次は埼玉県と嵐山町教育委員会が建てた案内板の内容を転載しておきますね。

〔 源義賢の墓 〕  義賢は源為義の次子(長子は義朝)で、近衛天皇が東宮の時に仕え、帯刀の長となったので、帯刀先生と称され、その後東国に下り、上野国多胡館(群馬県多野郡吉井町)を本拠地としてので、多胡先生とも称された。更にその後、この地(大蔵館)に移住し、武蔵国や上野国に勢力を振るったが、久寿2年(1155)8月16日、大蔵館で義朝の長子である甥の悪源太(源)義平と合戦して討たれた。尚、木曽義仲は義賢の次子である。源義賢の墓と伝えられるこの五輪塔は、数度の火災にあったためか、やや赤く変色しているが、県内では最古の部類に属するものである。大正13年(1924)3月31日に県指定史跡に指定されている。昭和55年(1980)3月 埼玉県

埼玉県指定史跡 源義賢墓 指定:大正13年(1924)3月31日 所在地:嵐山町大字大蔵字大東66 時代:平安末期
この五輪塔は、火輪部と水輪部のみ残存しており、空輪部と地輪部は後から補われたもので、風輪部は欠損しています。材質は、凝灰岩製で、火災にあったためか変色の痕が見られ、損傷も激しかったため、昭和52年(1977)に東京国立文化財研究所により修理処理されました。
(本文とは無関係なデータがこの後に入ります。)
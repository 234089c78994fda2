// Tests: a function of a suite file, whose block may have `with` (Language Reference 8.5 and 8.7).
ghost use Rattle.std.specs.Prelude.{◌≡◌, IfOk, Ok, map};
ghost use Rattle.py_syntax.specs.Gives.{Gives};
ghost use Rattle.py_grammar.specs.declared.place.Place.TheVariants as place;
ghost use Rattle.py_grammar.specs.Compounds.{block, deepest, statements as usual_statements};
ghost use Rattle.py_parser.specs.Lines.{member_of, group_of};
ghost use Rattle.suite_file.specs.declared.file.FileStmt.TheVariants.{Plain};
ghost use Rattle.suite_grammar.specs.Files as spec;
ghost use Rattle.suite_parser.specs.Reads.{second_line};

use crate::blocks::in_order;
use crate::forms::test_form;
use py_grammar::Place;
use py_language::Logical;
use py_parser::{
    Group, Member, Reader, Scope, behind, each, statements, unless_deeper, without_block,
};
use py_syntax::{Annotation, Expr, Line, Param, Refusal, Stmt};
use pyn_base::Name;
use sqlite_items::Items;
use std::alloc::{AllocError, Global};
use suite_file::{FileStmt, FileTest};
use suite_grammar::TestForm;

/// How many blocks may be inside one another at the top of a file, and in a test.
pub const AT_TOP: usize = 20;

const IN_TEST: usize = 19;

/// Statements that are no `with`.
fn as_plain(alloc: Global, statements: Items<Stmt>) -> Result<Items<FileStmt>, Refusal>
    ensures { Gives result (Ok (map Plain statements)) }
{
    Ok(each(alloc, statements, |stmt| FileStmt::Plain(stmt))?)
}

/// The line of the second statement, if there is one.
fn second_line(body: &[Stmt]) -> Option<Line>
    ensures { result ≡ second_line body.now }
{
    match body {
        [_, next, ..] => Some(next.line),
        _ => None,
    }
}

/// A `with` on a line, by its class and the statements of its block.
fn raising(
    alloc: Global,
    line: Line,
    class: Expr,
    body: Items<Stmt>,
) -> Result<Items<FileStmt>, AllocError>
    ensures { IfOk result (λ all. all ≡ spec.raising line class body) }
{
    let mut all = Items::new(alloc);
    let mut body = body;
    let next = second_line(body.as_slice());
    if body.is_empty() {
        return Ok(all);
    }
    let stmt = body.remove(0);
    all.push(FileStmt::Raises(line, class, stmt, next))?;
    Ok(all)
}

/// The statements of a block in a test's statement.
fn block_statements(
    alloc: Global,
    end: Option<Refusal>,
    lines: &[Logical],
    blocks: usize,
) -> Result<Items<Stmt>, Refusal>
    ensures { Gives result (usual_statements blocks end lines.now) }
{
    statements(alloc, end, lines, blocks)
}

/// What a statement in a test is, by the form of its first line.
#[tactic(auto, unfolding(suite_grammar::specs::Files::test_statement))]
fn test_statement(
    alloc: Global,
    end: Option<Refusal>,
    group: Group<'_>,
    form: TestForm,
) -> Result<Items<FileStmt>, Refusal>
    ensures { Gives result (spec.test_statement end (group_of group.entry) form) }
{
    let reader = Reader {
        scope: Scope {
            alloc,
            place: Place::Block,
            room: IN_TEST,
        },
        inner: block_statements,
    };
    match form {
        TestForm::Raises(class, small) => {
            let body = reader.suite(behind(group.others, end), group.first, small)?;
            let made = raising(alloc, group.first.line.line, class, body)?;
            reader.scope.unless_continued(group.others, made)
        }
        TestForm::Usual(form) => as_plain(alloc, reader.statement(end, group, form)?),
    }
}

/// What is in a test.
#[tactic(auto, unfolding(suite_grammar::specs::Files::test_statements))]
fn test_statements(
    alloc: Global,
    end: Option<Refusal>,
    lines: &[Logical],
) -> Result<Items<FileStmt>, Refusal>
    ensures { Gives result (spec.test_statements end lines.now) }
{
    let Some((first, _)) = lines.split_first() else {
        return Ok(Items::new(alloc));
    };
    let scope = Scope {
        alloc,
        place: Place::Block,
        room: IN_TEST,
    };
    in_order(
        scope,
        first.column,
        end,
        lines,
        |line| test_form(alloc, line),
        |end, group, form| test_statement(alloc, end, group, form),
    )
}

/// The block of a test.
fn test_block(
    alloc: Global,
    end: Option<Refusal>,
    first: Member<'_>,
    small: Option<Items<Stmt>>,
) -> Result<Items<FileStmt>, Refusal>
    ensures { Gives result (block place.Module deepest spec.test_statements end (member_of first.entry) (spec.on_line small)) }
{
    if let Some(small) = small {
        let all = as_plain(alloc, small)?;
        return unless_deeper(first.deeper, all);
    }
    match first.deeper.split_first() {
        Some(_) => test_statements(alloc, end, first.deeper),
        None => without_block(end, first.line),
    }
}

/// A test, by what its header has.
pub fn test(
    scope: Scope,
    end: Option<Refusal>,
    group: Group<'_>,
    name: Name,
    params: Items<Param>,
    returns: Option<Annotation>,
    small: Option<Items<Stmt>>,
) -> Result<FileTest, Refusal>
    requires at_top { (scope.place ≡ place.Module) × (scope.room ≡ deepest) }
    ensures { Gives result (spec.test_of end (group_of group.entry) name params returns small) }
{
    let line = group.first.line;
    let body = test_block(scope.alloc, behind(group.others, end), group.first, small)?;
    let made = FileTest {
        name,
        line: line.line,
        is_bare: params.is_empty() && returns.is_none(),
        body,
    };
    scope.unless_continued(group.others, made)
}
この形は、いわゆる古式五輪塔と呼ばれ、県内に所在する五輪塔の中では最古の例です。尚、この墓は義賢ゆかりの人々が供養のために建立したものと考えられます。(源氏系図並びに五輪塔図省略す)五輪塔は本来供養のために建てられましたが、後には墓石として建てられるようになりました。密教の宇宙観より、上から空・風・火・水・地として、五大の考え方を表しています。平成4年(1992)9月 嵐山町教育委員会

家人の方は今でも義賢さまと呼んでいらっしゃるの。その五輪塔は個人の敷地内にあると云うこともあり、参道の整備や覆屋の建築維持管理なども皆個人負担で行っているそうよ。案内文には東京国立文化財研究所の手に依り修復されたことが記されていますが、その時も県の指定史跡となっていることからてっきり県からお金を出して貰えると思っていたのですが、一銭の援助もなくて、結局個人負担になってしまったのだとか。時間に任せて公私にわたる昔話を色々と聞かせて頂きましたが、引き継がれてきた新藤家のDNAがあればこその義賢墓ね。余談ですが、家人のお話しに依ると、鳥居の立つ脇に柿の木があるのですが、昔、その辺りに小さな庵があって、将軍沢の明光寺の庵主さまがそこに寝泊まりして義賢さまの霊を弔って下さっていたのですが、いつの頃からか姿が見えなくなってしまって、本山に帰られたのかも知れませんが、そんなこともあったんですよ−とも。

13. 源氏三代供養塔 げんじさんだいくようとう

道を隔てて源義賢墓の反対側には源氏三代供養塔が建てられていたの。同じ源氏でもここでの三代は義賢・義仲・義高のことで、供養塔は平成18年(2006)の建立と新しいものですが、それぞれ「久寿二年八月十六日 大蔵院殿本源義法印大居士 大蔵館主 東宮御所 帯刀先生 源義賢公」「寿永三年一月二十一日 征夷大将軍 義山宣公大居士 源義賢公嫡子 源義仲公 近江国粟津ヶ原没 行年三十一歳」「元暦元年四月二十六日 清水院殿神徳義高入間大居士 源義仲公嫡子源義高公 武蔵国入間河原没 行年十二歳」と刻まれているの。その三代供養塔を供奉するようにして家臣達の供養塔が立ち並ぶの。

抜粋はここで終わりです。